Exercise data |
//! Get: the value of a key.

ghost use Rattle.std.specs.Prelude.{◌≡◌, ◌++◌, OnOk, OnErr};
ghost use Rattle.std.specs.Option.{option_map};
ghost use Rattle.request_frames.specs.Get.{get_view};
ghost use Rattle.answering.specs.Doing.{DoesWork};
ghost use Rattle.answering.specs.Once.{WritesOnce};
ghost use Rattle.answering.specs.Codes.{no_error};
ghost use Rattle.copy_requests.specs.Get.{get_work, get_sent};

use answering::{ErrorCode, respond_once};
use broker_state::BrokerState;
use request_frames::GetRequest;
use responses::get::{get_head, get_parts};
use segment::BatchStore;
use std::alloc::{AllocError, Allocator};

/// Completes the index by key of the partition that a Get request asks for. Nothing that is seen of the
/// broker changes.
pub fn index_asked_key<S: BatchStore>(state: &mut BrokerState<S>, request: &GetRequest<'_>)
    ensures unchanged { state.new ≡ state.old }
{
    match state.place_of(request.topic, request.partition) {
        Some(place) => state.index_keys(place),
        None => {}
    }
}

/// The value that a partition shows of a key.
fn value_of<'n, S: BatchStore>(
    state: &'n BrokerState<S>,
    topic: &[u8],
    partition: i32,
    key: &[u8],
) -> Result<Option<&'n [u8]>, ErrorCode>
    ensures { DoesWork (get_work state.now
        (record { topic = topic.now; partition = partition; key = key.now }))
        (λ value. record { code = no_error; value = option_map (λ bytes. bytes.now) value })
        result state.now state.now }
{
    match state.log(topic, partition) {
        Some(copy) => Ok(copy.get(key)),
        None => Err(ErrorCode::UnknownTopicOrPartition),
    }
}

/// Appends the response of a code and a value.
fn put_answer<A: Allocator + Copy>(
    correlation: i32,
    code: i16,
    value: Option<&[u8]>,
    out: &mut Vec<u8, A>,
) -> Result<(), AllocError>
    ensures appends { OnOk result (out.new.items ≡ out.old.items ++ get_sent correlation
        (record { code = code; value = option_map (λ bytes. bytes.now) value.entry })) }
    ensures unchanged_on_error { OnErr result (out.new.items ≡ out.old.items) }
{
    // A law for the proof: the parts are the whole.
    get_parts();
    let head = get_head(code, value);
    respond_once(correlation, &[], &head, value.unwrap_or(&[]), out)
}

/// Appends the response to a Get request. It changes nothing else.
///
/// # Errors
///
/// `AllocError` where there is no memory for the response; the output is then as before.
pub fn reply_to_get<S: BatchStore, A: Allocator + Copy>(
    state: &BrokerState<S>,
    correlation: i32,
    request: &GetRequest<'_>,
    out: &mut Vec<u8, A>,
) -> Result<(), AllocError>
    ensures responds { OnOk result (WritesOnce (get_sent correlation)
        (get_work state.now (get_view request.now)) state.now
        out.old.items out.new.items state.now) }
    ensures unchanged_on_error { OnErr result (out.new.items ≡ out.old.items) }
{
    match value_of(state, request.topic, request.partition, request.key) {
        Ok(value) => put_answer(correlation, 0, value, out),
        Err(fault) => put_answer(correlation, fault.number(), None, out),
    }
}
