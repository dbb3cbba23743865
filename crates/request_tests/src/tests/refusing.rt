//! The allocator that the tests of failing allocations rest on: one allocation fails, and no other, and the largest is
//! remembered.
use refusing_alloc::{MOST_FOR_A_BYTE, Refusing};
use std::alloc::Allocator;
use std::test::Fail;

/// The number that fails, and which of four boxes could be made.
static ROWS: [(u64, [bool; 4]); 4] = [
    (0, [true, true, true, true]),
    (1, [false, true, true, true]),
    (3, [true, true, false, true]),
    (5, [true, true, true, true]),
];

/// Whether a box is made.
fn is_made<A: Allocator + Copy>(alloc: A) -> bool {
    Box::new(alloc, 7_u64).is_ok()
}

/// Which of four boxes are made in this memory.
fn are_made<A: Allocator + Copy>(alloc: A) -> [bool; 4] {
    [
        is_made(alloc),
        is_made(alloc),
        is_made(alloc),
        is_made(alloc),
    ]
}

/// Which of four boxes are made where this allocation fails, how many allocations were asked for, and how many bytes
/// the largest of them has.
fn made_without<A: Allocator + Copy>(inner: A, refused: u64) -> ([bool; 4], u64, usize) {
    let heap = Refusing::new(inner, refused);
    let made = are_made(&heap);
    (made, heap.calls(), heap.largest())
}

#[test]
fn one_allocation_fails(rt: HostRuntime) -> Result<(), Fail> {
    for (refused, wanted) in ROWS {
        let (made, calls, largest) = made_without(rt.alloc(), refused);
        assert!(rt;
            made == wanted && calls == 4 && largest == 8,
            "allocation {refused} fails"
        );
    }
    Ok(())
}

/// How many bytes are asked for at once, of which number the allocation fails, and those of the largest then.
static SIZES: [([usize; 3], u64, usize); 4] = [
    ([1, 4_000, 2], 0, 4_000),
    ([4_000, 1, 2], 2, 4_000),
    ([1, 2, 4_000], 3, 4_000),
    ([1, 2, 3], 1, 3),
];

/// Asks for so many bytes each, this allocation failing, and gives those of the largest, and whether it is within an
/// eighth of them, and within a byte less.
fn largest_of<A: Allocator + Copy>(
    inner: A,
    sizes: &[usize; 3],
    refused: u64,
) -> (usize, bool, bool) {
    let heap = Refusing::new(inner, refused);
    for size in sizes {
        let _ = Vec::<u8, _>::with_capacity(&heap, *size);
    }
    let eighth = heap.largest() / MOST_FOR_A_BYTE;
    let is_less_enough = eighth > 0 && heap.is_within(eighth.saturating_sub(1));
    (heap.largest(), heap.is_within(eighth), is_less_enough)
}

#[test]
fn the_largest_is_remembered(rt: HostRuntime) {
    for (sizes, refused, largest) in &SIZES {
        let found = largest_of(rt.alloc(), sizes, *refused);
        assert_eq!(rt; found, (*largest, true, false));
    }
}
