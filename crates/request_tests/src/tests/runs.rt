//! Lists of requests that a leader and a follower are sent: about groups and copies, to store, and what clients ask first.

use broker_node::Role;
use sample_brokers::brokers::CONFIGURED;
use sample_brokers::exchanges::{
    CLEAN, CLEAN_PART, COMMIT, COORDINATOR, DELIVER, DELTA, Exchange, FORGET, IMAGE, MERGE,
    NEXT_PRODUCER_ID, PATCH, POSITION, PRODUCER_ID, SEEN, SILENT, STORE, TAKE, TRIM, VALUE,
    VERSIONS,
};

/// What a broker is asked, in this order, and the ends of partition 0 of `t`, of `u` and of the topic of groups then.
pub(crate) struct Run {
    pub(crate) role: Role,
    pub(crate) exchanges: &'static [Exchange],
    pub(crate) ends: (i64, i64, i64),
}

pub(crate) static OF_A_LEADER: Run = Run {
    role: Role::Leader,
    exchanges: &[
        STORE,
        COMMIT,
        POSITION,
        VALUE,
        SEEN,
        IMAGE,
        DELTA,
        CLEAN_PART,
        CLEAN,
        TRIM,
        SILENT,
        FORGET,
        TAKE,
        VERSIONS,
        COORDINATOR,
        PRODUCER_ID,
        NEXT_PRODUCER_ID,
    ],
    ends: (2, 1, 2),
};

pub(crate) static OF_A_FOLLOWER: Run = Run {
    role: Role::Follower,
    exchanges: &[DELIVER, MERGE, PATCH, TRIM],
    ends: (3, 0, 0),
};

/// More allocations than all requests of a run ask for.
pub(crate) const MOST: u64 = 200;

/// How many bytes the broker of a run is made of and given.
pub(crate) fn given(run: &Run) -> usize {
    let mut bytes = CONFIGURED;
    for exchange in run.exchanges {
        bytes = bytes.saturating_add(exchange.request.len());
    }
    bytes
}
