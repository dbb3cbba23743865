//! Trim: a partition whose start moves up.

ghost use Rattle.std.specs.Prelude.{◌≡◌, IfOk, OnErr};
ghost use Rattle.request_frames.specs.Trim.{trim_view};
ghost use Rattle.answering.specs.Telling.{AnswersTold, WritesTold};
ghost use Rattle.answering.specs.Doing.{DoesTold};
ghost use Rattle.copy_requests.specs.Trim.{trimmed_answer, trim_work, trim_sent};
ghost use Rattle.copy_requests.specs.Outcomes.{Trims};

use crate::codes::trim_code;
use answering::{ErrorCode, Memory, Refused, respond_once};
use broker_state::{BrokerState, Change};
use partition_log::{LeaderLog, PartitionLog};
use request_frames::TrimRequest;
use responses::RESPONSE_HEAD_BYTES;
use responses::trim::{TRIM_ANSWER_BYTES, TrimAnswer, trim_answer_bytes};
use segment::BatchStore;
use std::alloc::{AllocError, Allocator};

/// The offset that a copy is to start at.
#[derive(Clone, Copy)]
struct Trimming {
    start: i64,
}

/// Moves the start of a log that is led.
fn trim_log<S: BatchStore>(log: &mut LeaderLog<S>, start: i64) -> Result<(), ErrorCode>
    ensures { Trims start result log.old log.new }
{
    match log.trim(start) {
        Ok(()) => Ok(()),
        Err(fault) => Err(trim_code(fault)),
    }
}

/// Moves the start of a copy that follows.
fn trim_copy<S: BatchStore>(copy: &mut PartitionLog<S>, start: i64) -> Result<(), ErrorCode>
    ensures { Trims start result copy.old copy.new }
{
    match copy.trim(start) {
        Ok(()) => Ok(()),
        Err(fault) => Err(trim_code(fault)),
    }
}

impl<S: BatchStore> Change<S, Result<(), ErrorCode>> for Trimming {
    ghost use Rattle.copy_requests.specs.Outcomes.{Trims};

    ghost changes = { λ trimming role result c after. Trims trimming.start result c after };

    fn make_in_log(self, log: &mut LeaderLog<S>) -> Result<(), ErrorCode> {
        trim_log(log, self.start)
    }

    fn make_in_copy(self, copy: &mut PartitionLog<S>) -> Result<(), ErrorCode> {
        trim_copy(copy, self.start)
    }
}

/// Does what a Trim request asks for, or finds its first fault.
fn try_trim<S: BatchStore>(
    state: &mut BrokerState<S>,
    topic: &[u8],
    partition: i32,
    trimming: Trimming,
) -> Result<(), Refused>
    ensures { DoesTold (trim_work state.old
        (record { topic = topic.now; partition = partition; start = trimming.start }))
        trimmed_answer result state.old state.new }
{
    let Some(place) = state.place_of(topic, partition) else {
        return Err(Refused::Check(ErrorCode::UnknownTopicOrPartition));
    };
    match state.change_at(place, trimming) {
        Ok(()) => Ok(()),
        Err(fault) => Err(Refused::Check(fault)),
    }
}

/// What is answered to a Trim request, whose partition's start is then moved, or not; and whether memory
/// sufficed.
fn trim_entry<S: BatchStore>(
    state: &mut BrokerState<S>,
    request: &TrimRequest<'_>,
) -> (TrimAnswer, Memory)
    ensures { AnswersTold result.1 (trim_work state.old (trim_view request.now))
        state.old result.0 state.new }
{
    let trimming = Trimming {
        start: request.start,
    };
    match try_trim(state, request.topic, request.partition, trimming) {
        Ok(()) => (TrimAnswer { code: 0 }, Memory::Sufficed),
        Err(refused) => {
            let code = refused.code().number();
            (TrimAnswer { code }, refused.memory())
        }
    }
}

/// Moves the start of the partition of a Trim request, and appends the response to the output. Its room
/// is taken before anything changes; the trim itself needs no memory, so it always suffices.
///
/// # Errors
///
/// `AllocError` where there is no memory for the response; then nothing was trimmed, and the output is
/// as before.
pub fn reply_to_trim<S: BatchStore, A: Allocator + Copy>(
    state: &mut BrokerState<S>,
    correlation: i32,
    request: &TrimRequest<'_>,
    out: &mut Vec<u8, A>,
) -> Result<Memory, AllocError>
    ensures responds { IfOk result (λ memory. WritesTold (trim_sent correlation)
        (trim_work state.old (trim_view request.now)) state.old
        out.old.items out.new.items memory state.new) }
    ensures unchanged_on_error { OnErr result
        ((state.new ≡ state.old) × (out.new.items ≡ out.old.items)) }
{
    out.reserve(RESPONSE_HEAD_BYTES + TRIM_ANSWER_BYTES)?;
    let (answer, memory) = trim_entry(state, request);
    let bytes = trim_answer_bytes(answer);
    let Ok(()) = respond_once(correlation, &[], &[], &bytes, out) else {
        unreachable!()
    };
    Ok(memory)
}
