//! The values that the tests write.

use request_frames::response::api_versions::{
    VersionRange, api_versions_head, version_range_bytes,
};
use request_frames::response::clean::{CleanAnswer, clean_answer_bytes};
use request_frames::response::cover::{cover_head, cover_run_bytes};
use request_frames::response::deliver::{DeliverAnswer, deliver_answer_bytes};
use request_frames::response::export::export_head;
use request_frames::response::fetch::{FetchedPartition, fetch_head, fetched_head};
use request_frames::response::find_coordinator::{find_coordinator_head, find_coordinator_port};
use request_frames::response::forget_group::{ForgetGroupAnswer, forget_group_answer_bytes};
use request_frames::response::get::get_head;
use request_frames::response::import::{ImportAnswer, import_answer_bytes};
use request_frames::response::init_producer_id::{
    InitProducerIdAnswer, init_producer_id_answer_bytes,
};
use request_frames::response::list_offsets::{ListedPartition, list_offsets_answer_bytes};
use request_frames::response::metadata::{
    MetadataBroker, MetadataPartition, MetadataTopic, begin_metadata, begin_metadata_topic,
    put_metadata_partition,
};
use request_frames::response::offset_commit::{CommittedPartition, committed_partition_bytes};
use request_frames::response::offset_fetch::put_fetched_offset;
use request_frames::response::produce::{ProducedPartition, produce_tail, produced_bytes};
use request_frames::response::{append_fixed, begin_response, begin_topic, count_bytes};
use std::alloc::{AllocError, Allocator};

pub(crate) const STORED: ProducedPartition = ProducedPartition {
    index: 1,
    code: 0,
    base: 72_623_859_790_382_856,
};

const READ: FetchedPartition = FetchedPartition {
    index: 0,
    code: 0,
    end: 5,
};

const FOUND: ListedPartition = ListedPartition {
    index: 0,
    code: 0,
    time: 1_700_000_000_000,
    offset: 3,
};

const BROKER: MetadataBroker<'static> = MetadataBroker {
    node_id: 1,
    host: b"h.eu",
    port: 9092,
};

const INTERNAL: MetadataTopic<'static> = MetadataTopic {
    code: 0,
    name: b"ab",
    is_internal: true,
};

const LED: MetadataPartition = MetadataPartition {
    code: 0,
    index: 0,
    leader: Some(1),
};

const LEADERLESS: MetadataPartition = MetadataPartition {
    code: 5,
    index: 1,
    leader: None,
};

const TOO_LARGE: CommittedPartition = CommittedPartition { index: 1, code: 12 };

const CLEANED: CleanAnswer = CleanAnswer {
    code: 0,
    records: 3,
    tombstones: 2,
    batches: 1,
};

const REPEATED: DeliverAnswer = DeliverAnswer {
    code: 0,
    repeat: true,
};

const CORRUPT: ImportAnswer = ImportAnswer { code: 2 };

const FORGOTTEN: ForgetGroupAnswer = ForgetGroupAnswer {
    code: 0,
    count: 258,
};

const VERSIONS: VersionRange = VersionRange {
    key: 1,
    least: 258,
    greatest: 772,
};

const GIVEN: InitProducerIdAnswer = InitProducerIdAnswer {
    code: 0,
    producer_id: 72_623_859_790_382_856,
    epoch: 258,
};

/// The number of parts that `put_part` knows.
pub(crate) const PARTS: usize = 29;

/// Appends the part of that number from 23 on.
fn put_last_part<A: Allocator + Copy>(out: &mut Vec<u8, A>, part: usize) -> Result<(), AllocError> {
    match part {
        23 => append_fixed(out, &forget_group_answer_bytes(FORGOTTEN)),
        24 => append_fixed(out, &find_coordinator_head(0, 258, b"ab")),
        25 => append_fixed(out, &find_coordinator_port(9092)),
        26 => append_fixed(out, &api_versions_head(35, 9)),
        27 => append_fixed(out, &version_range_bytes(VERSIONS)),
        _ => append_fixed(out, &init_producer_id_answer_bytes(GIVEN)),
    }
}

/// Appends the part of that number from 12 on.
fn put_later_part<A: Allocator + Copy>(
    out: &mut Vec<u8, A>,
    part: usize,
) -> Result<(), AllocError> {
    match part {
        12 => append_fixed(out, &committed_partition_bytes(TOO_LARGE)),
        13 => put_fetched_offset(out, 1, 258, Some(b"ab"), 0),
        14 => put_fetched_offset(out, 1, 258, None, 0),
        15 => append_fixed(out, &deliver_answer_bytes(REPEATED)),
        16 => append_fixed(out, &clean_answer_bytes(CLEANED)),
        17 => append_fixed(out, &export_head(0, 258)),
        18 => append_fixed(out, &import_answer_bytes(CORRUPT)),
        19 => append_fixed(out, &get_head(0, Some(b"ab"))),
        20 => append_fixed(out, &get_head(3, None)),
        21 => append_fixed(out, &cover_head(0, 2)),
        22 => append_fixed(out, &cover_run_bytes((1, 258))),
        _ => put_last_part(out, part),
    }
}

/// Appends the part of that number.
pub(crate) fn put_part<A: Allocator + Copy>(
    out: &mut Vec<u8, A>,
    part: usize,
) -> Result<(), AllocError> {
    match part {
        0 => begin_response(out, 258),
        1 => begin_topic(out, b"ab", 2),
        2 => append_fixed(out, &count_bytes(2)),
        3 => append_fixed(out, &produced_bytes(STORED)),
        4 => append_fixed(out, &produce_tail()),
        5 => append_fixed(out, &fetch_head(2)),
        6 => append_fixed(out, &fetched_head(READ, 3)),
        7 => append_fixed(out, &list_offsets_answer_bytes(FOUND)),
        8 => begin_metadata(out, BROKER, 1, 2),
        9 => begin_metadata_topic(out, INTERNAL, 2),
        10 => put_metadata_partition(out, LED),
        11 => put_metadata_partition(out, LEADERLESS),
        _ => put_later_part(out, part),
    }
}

About this task |
From the listing, reproduce every line where the word "VersionRange" is present.

Result of the task |
    VersionRange, api_versions_head, version_range_bytes,
const VERSIONS: VersionRange = VersionRange {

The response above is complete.